• PROBLEM TO SOLVE: Can you reproduce the data beneath, keeping every line exact?

*** Opening of THE DATA ***

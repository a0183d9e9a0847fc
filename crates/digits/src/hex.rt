// Bytes as text: two hex digits for each, the high one first.
ghost use Rattle.std.specs.Prelude.{◌≡◌, ℕ, ◌<◌, ◌⊎◌, List, map, length, IfSome, IfOk, Some, All, MatchResult};
ghost use Rattle.std.specs.Char.{to_ascii_lowercase};
ghost use Rattle.std.specs.List.{concat};
ghost use Rattle.digits.specs.declared.hex.HexFault.TheVariants.{Memory};
ghost use Rattle.digits.specs.Hex.{digit_of, byte_of, hex_read, bytes_read, Failed, spelled, spelled_upper};
ghost use Rattle.printed.specs.Shown.{spaced};
ghost use Rattle.words.specs.Words.{unblanked};

use std::alloc::{AllocFailed, Global};

// Why no bytes were read.
#[derive(Clone, Copy, Debug, PartialEq)]
pub enum HexFault {
    Memory,
    NotHex,
}

impl<T: Drop> From<AllocFailed<T>> for HexFault {
    ghost from_gives = { λ _ y. y ≡ Memory };

    fn from(_e: AllocFailed<T>) -> HexFault {
        HexFault::Memory
    }
}

// The value of a hex digit of either case.
pub fn hex_digit(c: u8) -> Option<u8>
    ensures value { result ≡ digit_of c }
    ensures small { IfSome result (λ d. d < 16) }
{
    char::from(c).to_digit(16).map(|d| d as u8)
}

// The byte of a high and a low digit.
fn hex_byte(high: u8, low: u8) -> Option<u8>
    ensures { result ≡ byte_of high low }
{
    let high = hex_digit(high)?;
    let low = hex_digit(low)?;
    Some(high * 16 + low)
}

// The bytes of digits two by two.
fn read_pairs(heap: Global, pairs: &[[u8; 2]]) -> Result<Vec<u8>, HexFault>
    ensures { MatchResult result (λ v. hex_read (concat pairs.now) ≡ Some v.items) (λ f. Failed f (hex_read (concat pairs.now))) }
{
    let mut bytes = Vec::new(heap);
    for [high, low] in pairs {
        let byte = hex_byte(*high, *low).ok_or(HexFault::NotHex)?;
        bytes.push(byte)?;
    }
    Ok(bytes)
}

// The bytes that `text` spells, two hex digits a byte. Only hex text reads, as the bytes that it was written of.
pub fn read_hex(heap: Global, text: &[u8]) -> Result<Vec<u8>, HexFault>
    ensures reads { MatchResult result (λ v. hex_read text.now ≡ Some v.items) (λ f. Failed f (hex_read text.now)) }
    ensures back { (bs : List ℕ) → All (λ b. b < 256) bs → (text.now ≡ spelled bs) ⊎ (text.now ≡ spelled_upper bs) → MatchResult result (λ v. v.items ≡ bs) (λ f. f ≡ Memory) }
    ensures unspaced { (bs : List ℕ) → All (λ b. b < 256) bs → 0 < length bs → text.now ≡ unblanked (spaced bs) → MatchResult result (λ v. v.items ≡ bs) (λ f. f ≡ Memory) }
    ensures only { IfOk result (λ v. map to_ascii_lowercase text.now ≡ spelled v.items) }
{
    let (pairs, rest) = text.as_chunks::<2>();
    if !rest.is_empty() {
        return Err(HexFault::NotHex);
    }
    read_pairs(heap, pairs)
}

// The bytes that a word stands for: `-` is none, and any other word is hex.
pub fn read_bytes(heap: Global, word: &[u8]) -> Result<Vec<u8>, HexFault>
    ensures { MatchResult result (λ v. bytes_read word.now ≡ Some v.items) (λ f. Failed f (bytes_read word.now)) }
{
    match word {
        [] => Err(HexFault::NotHex),
        [b'-'] => Ok(Vec::new(heap)),
        _ => read_hex(heap, word),
    }
}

*** Close of THE DATA ***

• EXERCISE SOLUTION:
repository a0183d9e9a0847fc
filename crates/digits/src/hex.rt
// Bytes as text: two hex digits for each, the high one first.
ghost use Rattle.std.specs.Prelude.{◌≡◌, ℕ, ◌<◌, ◌⊎◌, List, map, length, IfSome, IfOk, Some, All, MatchResult};
ghost use Rattle.std.specs.Char.{to_ascii_lowercase};
ghost use Rattle.std.specs.List.{concat};
ghost use Rattle.digits.specs.declared.hex.HexFault.TheVariants.{Memory};
ghost use Rattle.digits.specs.Hex.{digit_of, byte_of, hex_read, bytes_read, Failed, spelled, spelled_upper};
ghost use Rattle.printed.specs.Shown.{spaced};
ghost use Rattle.words.specs.Words.{unblanked};

use std::alloc::{AllocFailed, Global};

// Why no bytes were read.
#[derive(Clone, Copy, Debug, PartialEq)]
pub enum HexFault {
    Memory,
    NotHex,
}

impl<T: Drop> From<AllocFailed<T>> for HexFault {
    ghost from_gives = { λ _ y. y ≡ Memory };

    fn from(_e: AllocFailed<T>) -> HexFault {
        HexFault::Memory
    }
}

// The value of a hex digit of either case.
pub fn hex_digit(c: u8) -> Option<u8>
    ensures value { result ≡ digit_of c }
    ensures small { IfSome result (λ d. d < 16) }
{
    char::from(c).to_digit(16).map(|d| d as u8)
}

// The byte of a high and a low digit.
fn hex_byte(high: u8, low: u8) -> Option<u8>
    ensures { result ≡ byte_of high low }
{
    let high = hex_digit(high)?;
    let low = hex_digit(low)?;
    Some(high * 16 + low)
}

// The bytes of digits two by two.
fn read_pairs(heap: Global, pairs: &[[u8; 2]]) -> Result<Vec<u8>, HexFault>
    ensures { MatchResult result (λ v. hex_read (concat pairs.now) ≡ Some v.items) (λ f. Failed f (hex_read (concat pairs.now))) }
{
    let mut bytes = Vec::new(heap);
    for [high, low] in pairs {
        let byte = hex_byte(*high, *low).ok_or(HexFault::NotHex)?;
        bytes.push(byte)?;
    }
    Ok(bytes)
}

// The bytes that `text` spells, two hex digits a byte. Only hex text reads, as the bytes that it was written of.
pub fn read_hex(heap: Global, text: &[u8]) -> Result<Vec<u8>, HexFault>
    ensures reads { MatchResult result (λ v. hex_read text.now ≡ Some v.items) (λ f. Failed f (hex_read text.now)) }
    ensures back { (bs : List ℕ) → All (λ b. b < 256) bs → (text.now ≡ spelled bs) ⊎ (text.now ≡ spelled_upper bs) → MatchResult result (λ v. v.items ≡ bs) (λ f. f ≡ Memory) }
    ensures unspaced { (bs : List ℕ) → All (λ b. b < 256) bs → 0 < length bs → text.now ≡ unblanked (spaced bs) → MatchResult result (λ v. v.items ≡ bs) (λ f. f ≡ Memory) }
    ensures only { IfOk result (λ v. map to_ascii_lowercase text.now ≡ spelled v.items) }
{
    let (pairs, rest) = text.as_chunks::<2>();
    if !rest.is_empty() {
        return Err(HexFault::NotHex);
    }
    read_pairs(heap, pairs)
}

// The bytes that a word stands for: `-` is none, and any other word is hex.
pub fn read_bytes(heap: Global, word: &[u8]) -> Result<Vec<u8>, HexFault>
    ensures { MatchResult result (λ v. bytes_read word.now ≡ Some v.items) (λ f. Failed f (bytes_read word.now)) }
{
    match word {
        [] => Err(HexFault::NotHex),
        [b'-'] => Ok(Vec::new(heap)),
        _ => read_hex(heap, word),
    }
}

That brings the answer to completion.